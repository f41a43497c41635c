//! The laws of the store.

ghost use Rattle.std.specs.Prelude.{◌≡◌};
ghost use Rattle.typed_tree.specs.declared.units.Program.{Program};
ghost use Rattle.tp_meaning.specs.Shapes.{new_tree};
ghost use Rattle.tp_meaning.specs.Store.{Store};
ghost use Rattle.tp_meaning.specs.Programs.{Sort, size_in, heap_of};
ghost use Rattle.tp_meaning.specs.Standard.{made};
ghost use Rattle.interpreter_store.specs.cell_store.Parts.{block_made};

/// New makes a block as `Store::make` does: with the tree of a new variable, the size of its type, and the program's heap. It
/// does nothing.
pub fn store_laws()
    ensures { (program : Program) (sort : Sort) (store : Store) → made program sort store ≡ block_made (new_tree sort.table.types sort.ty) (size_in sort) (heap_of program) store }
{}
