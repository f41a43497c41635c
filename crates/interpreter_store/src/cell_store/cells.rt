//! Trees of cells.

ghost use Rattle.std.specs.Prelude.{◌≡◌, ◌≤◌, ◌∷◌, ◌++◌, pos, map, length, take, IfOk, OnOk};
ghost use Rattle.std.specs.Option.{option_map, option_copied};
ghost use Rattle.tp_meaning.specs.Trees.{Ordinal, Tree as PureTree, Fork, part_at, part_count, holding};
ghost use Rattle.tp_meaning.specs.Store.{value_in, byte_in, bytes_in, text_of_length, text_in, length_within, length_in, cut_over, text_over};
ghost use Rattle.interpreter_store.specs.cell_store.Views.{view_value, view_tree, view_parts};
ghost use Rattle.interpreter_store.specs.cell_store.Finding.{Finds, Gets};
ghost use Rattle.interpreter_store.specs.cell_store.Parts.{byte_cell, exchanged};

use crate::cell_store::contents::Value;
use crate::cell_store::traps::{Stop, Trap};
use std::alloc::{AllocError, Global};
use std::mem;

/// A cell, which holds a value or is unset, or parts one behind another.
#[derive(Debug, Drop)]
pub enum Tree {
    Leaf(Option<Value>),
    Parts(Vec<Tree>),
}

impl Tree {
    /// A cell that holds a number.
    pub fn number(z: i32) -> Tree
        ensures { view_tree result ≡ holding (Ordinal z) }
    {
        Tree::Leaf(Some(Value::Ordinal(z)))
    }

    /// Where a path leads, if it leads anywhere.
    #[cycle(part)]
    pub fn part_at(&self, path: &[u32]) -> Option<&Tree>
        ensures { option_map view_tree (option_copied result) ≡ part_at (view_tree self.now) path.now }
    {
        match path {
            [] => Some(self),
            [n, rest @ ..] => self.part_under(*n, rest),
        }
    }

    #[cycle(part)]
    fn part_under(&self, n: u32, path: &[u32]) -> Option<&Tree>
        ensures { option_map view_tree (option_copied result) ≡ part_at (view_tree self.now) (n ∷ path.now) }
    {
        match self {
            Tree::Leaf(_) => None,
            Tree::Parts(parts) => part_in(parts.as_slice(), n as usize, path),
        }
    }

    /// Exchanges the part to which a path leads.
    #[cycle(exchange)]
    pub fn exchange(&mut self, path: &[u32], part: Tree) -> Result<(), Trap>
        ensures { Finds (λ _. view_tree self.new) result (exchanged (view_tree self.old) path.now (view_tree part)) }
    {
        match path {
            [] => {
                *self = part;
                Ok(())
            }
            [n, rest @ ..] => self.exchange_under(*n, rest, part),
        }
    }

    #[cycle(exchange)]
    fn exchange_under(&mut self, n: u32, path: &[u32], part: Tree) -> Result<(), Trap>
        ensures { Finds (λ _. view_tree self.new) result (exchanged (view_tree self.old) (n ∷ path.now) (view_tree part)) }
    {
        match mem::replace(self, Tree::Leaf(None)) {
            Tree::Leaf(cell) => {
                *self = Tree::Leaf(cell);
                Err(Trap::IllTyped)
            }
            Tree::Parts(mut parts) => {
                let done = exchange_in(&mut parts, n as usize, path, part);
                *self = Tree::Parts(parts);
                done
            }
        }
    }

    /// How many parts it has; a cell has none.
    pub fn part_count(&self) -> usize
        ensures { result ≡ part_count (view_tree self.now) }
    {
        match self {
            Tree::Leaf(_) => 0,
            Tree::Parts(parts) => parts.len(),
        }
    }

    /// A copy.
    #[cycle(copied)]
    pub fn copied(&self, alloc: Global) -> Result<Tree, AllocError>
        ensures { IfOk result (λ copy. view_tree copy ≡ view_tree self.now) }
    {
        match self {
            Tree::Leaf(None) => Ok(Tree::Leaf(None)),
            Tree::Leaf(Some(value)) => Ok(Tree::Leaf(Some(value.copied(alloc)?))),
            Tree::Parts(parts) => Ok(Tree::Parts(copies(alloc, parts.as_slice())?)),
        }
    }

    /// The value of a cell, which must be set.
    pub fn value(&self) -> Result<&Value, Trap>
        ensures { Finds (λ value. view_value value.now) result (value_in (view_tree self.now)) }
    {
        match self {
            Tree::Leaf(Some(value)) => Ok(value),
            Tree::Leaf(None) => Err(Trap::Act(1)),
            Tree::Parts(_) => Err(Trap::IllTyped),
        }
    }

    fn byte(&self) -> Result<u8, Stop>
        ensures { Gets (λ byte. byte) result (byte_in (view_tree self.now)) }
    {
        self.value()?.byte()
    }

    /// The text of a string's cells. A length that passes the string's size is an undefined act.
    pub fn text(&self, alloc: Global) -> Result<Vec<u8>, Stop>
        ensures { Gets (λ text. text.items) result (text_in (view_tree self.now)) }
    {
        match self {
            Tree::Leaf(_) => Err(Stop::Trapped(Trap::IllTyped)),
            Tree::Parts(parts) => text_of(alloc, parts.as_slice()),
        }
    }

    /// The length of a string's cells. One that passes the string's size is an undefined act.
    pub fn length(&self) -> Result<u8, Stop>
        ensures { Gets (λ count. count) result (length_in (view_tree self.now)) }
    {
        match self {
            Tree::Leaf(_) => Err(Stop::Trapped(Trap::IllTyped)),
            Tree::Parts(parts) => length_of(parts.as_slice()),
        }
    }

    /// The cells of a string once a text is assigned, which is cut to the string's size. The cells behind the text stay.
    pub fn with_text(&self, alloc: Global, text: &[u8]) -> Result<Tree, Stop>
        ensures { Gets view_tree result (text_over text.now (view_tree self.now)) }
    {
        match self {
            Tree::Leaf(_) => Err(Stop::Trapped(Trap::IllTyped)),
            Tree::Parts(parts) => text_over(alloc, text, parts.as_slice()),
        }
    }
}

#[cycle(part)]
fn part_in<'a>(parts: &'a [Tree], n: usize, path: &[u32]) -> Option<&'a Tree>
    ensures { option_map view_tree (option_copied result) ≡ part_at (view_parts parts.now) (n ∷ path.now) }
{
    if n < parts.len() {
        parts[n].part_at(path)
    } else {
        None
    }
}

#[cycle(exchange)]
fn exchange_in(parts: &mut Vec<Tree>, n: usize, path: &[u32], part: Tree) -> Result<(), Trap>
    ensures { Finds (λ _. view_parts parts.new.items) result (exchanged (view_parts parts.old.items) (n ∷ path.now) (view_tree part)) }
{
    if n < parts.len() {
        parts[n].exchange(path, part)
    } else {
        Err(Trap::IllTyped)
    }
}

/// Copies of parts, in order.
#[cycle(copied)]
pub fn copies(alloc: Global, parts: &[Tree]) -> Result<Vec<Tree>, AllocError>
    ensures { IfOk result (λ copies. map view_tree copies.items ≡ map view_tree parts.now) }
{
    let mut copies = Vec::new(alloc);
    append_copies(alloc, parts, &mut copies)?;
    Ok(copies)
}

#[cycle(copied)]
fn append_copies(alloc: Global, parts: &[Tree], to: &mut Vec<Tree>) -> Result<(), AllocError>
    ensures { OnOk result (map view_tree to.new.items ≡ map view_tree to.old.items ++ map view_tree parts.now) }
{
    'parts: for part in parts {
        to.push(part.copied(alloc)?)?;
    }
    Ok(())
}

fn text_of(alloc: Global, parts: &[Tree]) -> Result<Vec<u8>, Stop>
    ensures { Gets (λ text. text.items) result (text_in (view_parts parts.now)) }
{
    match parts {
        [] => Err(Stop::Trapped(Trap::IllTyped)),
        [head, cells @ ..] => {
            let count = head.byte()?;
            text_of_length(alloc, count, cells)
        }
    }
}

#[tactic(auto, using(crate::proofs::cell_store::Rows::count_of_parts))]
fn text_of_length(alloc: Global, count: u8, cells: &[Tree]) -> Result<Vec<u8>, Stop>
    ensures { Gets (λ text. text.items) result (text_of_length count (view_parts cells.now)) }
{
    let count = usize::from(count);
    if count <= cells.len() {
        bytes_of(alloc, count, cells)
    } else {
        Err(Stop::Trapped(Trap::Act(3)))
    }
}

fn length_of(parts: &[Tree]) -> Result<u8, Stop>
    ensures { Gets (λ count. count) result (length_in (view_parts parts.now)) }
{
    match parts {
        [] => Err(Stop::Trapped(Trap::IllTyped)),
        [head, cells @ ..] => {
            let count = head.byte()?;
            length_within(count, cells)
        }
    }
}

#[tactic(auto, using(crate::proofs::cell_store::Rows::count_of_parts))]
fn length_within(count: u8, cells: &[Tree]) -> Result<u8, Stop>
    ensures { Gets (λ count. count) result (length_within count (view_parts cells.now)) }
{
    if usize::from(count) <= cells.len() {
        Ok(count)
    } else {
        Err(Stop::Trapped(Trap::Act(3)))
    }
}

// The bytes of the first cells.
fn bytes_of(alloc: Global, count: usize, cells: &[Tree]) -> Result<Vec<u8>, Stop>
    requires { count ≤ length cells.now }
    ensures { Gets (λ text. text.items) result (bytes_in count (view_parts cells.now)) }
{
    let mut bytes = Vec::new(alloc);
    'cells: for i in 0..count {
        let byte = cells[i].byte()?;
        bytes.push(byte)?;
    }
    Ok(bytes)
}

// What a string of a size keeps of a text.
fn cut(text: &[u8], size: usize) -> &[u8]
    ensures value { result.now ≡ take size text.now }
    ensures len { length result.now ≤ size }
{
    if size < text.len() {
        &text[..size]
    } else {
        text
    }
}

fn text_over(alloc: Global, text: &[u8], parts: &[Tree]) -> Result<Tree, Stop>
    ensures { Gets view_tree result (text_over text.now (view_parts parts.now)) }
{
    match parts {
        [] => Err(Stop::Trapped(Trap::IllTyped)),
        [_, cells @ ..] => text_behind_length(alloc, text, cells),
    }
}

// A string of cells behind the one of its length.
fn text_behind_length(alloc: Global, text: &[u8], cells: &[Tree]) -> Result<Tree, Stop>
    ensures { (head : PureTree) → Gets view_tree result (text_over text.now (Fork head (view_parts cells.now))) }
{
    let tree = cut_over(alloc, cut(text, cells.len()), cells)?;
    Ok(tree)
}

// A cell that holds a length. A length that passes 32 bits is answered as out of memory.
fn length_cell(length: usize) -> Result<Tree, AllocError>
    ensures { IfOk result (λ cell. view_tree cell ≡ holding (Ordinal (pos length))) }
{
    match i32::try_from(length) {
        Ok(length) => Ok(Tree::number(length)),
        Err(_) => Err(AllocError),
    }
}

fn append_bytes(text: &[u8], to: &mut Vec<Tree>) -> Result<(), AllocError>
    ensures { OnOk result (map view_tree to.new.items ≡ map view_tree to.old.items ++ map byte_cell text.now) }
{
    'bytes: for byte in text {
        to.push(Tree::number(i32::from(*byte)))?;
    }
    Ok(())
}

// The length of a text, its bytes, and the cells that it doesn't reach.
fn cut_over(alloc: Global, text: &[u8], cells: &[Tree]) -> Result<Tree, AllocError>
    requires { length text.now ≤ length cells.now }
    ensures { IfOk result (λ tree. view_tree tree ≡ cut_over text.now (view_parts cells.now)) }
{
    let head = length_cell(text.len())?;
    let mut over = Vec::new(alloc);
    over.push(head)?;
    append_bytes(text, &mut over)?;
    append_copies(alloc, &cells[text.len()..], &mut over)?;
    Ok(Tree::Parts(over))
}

BRIEF — Scan the listing above and work out how many of its lines contain the word "Ordinal". Report only that number.

EXERCISE RESPONSE — 4